Show HN: Continuous Machine Learning – CI/CD for Machine Learning Projects - rhythmvertigo
http://cml.dev
======
rhythmvertigo
Hi, I'm one of the project creators. Continuous Machine Learning (CML) is an
open source project to help ML projects use CI/CD with Github Actions and
Gitlab CI
([https://github.com/iterative/cml](https://github.com/iterative/cml)).

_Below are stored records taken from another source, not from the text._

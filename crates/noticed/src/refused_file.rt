//! The file of refused notices. The daemon and `hand-in` append to it, and `resubmit` takes it away
//! meanwhile: so whoever appends or takes has it locked, and opens it anew each time.
//! Implements noticed-journal(5), "REFUSED".
use crate::run_file::is_at;
use dsn_journal::sync_folder;
use dsn_outcome::Broken;
use dsn_smtp::Body;
use dsn_submission::{Mail, RefusedLetters};
use std::fs::{File, TryLockError};
use std::io::{ErrorKind, Write};
use std::os::unix::fs::{FileExt, MetadataExt, OpenOptionsExt, fchown};
use std::path::Path;
use std::rt::Stdout;
use std::time::Duration;
use std::{fs, io, thread};

/// How large the file gets, in bytes. A notice that finds no room begins a new one.
const MOST_BYTES: u64 = 67_108_864;

/// How often it is tried to lock a file, and the milliseconds between two tries. Who has the lock
/// appends one notice, or renames the file.
const TRIES: u32 = 500;

const BETWEEN_TRIES: u64 = 10;

/// The end of a notice (RFC 5321 section 4.1.1.4).
const NOTICE_END: [u8; 5] = *b"\r\n.\r\n";

/// The file of refused notices at a path.
#[derive(Drop)]
pub(crate) struct RefusedFile<'a> {
    rt: &'a HostRuntime,
    path: String,
}

impl<'a> RefusedFile<'a> {
    /// The file at this path. Makes it if it doesn't exist, for the owner of its folder alone.
    pub(crate) fn open(rt: &'a HostRuntime, path: &str) -> io::Result<RefusedFile<'a>> {
        let path = format!(in rt.alloc(); "{path}")?;
        let refused = RefusedFile { rt, path };
        refused.locked()?;
        Ok(refused)
    }

    /// Appends a notice, and syncs it. After an error the file is as long as before, if the system
    /// allows it. Another file is begun if this one has no room, or if a crash cut its last notice
    /// short: what is appended to that would be read as a part of it.
    fn append(&self, notice: &[u8]) -> io::Result<()> {
        let file = self.locked()?;
        if has_room(&file, notice.len() as u64)? {
            return append_to(&file, notice);
        }
        let aside = format!(in self.rt.alloc(); "{}.old", self.path)?;
        fs::rename(self.rt, &self.path, &aside)?;
        append_to(&self.locked()?, notice)
    }

    /// The file, locked. Makes it if it doesn't exist.
    fn locked(&self) -> io::Result<File> {
        let made = !fs::exists(self.rt, &self.path)?;
        let file = lock_at(self.rt, &self.path, true)?;
        if made {
            self.give_to_owner(&file)?;
            sync_folder(self.rt, &self.path)?;
        }
        Ok(file)
    }

    /// Gives the file to the owner of its folder. Root may resubmit, and the daemon has to append.
    fn give_to_owner(&self, file: &File) -> io::Result<()> {
        let folder = fs::metadata(self.rt, folder_of(&self.path))?;
        if file.metadata()?.uid() == folder.uid() {
            return Ok(());
        }
        fchown(file, Some(folder.uid()), Some(folder.gid()))
    }
}

/// Opens the file at a path and locks it, for the time for which it is open. If `makes` is true and
/// it doesn't exist, makes it, for its owner alone. Returns an error of the kind `NotFound` if it
/// doesn't exist otherwise, and `TimedOut` if another process has it locked for seconds.
pub(crate) fn lock_at(rt: &HostRuntime, path: &str, makes: bool) -> io::Result<File> {
    for _ in 0..TRIES {
        let file = File::options()
            .read(true)
            .append(true)
            .create(makes)
            .mode(0o600)
            .open(rt, path)?;
        match file.try_lock() {
            // Another may have renamed it just before it was locked.
            Ok(()) if is_at(rt, &file, path)? => return Ok(file),
            Ok(()) => {}
            Err(TryLockError::WouldBlock) => {
                thread::sleep(rt, Duration::from_millis(BETWEEN_TRIES));
            }
            Err(TryLockError::Error(error)) => return Err(error),
        }
    }
    Err(io::Error::from(ErrorKind::TimedOut))
}

/// The folder of the file at a path.
fn folder_of(path: &str) -> &str {
    match Path::new(path).parent() {
        Some(folder) if !folder.as_os_str().is_empty() => folder.as_os_str(),
        _ => ".",
    }
}

/// Whether so many bytes may be appended to a file.
fn has_room(file: &File, count: u64) -> io::Result<bool> {
    let size = file.metadata()?.len();
    let Some(place) = size.checked_sub(NOTICE_END.len() as u64) else {
        return Ok(size == 0);
    };
    let mut end = [0; NOTICE_END.len()];
    file.read_exact_at(&mut end, place)?;
    Ok(end == NOTICE_END && size.saturating_add(count) <= MOST_BYTES)
}

/// Appends a text to a file, and syncs it. After an error the file has its old size, if the system
/// allows it.
fn append_to(file: &File, text: &[u8]) -> io::Result<()> {
    let size = file.metadata()?.len();
    let appended = write_synced(file, text);
    if appended.is_err() {
        let _ = file.set_len(size);
    }
    appended
}

/// Writes a text to a file, and syncs it.
fn write_synced(file: &File, text: &[u8]) -> io::Result<()> {
    let mut writer = file;
    writer.write_all(text)?;
    file.sync_data()
}

/// Where refused notices are written.
#[derive(Drop)]
enum RefusedOutput<'a> {
    Standard(Stdout),
    File(RefusedFile<'a>),
}

/// Where refused notices go, with the memory for their texts.
#[derive(Drop)]
pub(crate) struct RefusedPlace<'a> {
    output: RefusedOutput<'a>,
    /// The message of the last one.
    message: Vec<u8>,
    /// All that is written of it.
    text: Vec<u8>,
}

impl<'a> RefusedPlace<'a> {
    /// Standard output.
    pub(crate) fn standard(rt: &HostRuntime) -> RefusedPlace<'a> {
        RefusedPlace {
            output: RefusedOutput::Standard(rt.stdout()),
            message: Vec::new(rt.alloc()),
            text: Vec::new(rt.alloc()),
        }
    }

    /// The file at this path. Makes it if it doesn't exist, for the owner of its folder alone.
    pub(crate) fn open(rt: &'a HostRuntime, path: &str) -> io::Result<RefusedPlace<'a>> {
        Ok(RefusedPlace {
            output: RefusedOutput::File(RefusedFile::open(rt, path)?),
            message: Vec::new(rt.alloc()),
            text: Vec::new(rt.alloc()),
        })
    }

    /// Writes the notice that is in `text`.
    fn write_notice(&mut self) -> io::Result<()> {
        match &mut self.output {
            RefusedOutput::Standard(stdout) => {
                stdout.write_all(&self.text)?;
                stdout.flush()
            }
            RefusedOutput::File(file) => file.append(&self.text),
        }
    }
}

impl RefusedLetters for RefusedPlace<'_> {
    ghost keeps = { λ _ _ _ _ _ _. Unit {0} };

    fn keep<T: Mail>(&mut self, letter: &T, reason: &[u8]) -> Result<(), Broken> {
        self.message.clear();
        self.text.clear();
        if letter.write_message(&mut self.message).is_err() {
            return Err(Broken);
        }
        let path = letter.path().bytes();
        write_refusal(&mut self.text, path, &self.message, reason).map_err(|_| Broken)?;
        self.write_notice().map_err(|_| Broken)
    }
}

/// Writes a notice as the outbox has it. The reason is before it, each line behind `NOOP`, which a
/// mail server passes over (RFC 5321 section 4.1.1.9).
fn write_refusal<W: Write>(
    out: &mut W,
    path: &[u8],
    message: &[u8],
    reason: &[u8],
) -> io::Result<()> {
    for line in reason.split(|&byte| byte == b'\n') {
        if !line.is_empty() {
            out.write_all(b"NOOP ")?;
            out.write_all(line)?;
            out.write_all(b"\n")?;
        }
    }
    out.write_all(Body::of(message).sender_line())?;
    out.write_all(b"RCPT TO:<")?;
    out.write_all(path)?;
    out.write_all(b">\r\nDATA\r\n")?;
    out.write_all(message)
}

CML automatically generates human-readable reports with metrics and data viz
in every pull/merge request, and helps you use storage and GPU/CPU resources
from cloud services. CML addresses three hurdles for making ML compatible with
CI:

1\. In ML, pass/fail tests aren’t enough. Understanding model performance
might require data visualizations and detailed metric reports. CML
automatically generates custom reports after every CI run with visual elements
like tables and graphs. You can even get a Tensorboard.dev link as part of
your report.

2\. Dataset changes need to trigger feedback just like source code. CML works
with DVC so dataset changes trigger automatic training and testing.

3.Hardware for ML is an ecosystem in itself. We’ve developed use cases with
CML and Docker Machine to automatically provision and deploy cloud compute
instances (CPU & GPU) for model training.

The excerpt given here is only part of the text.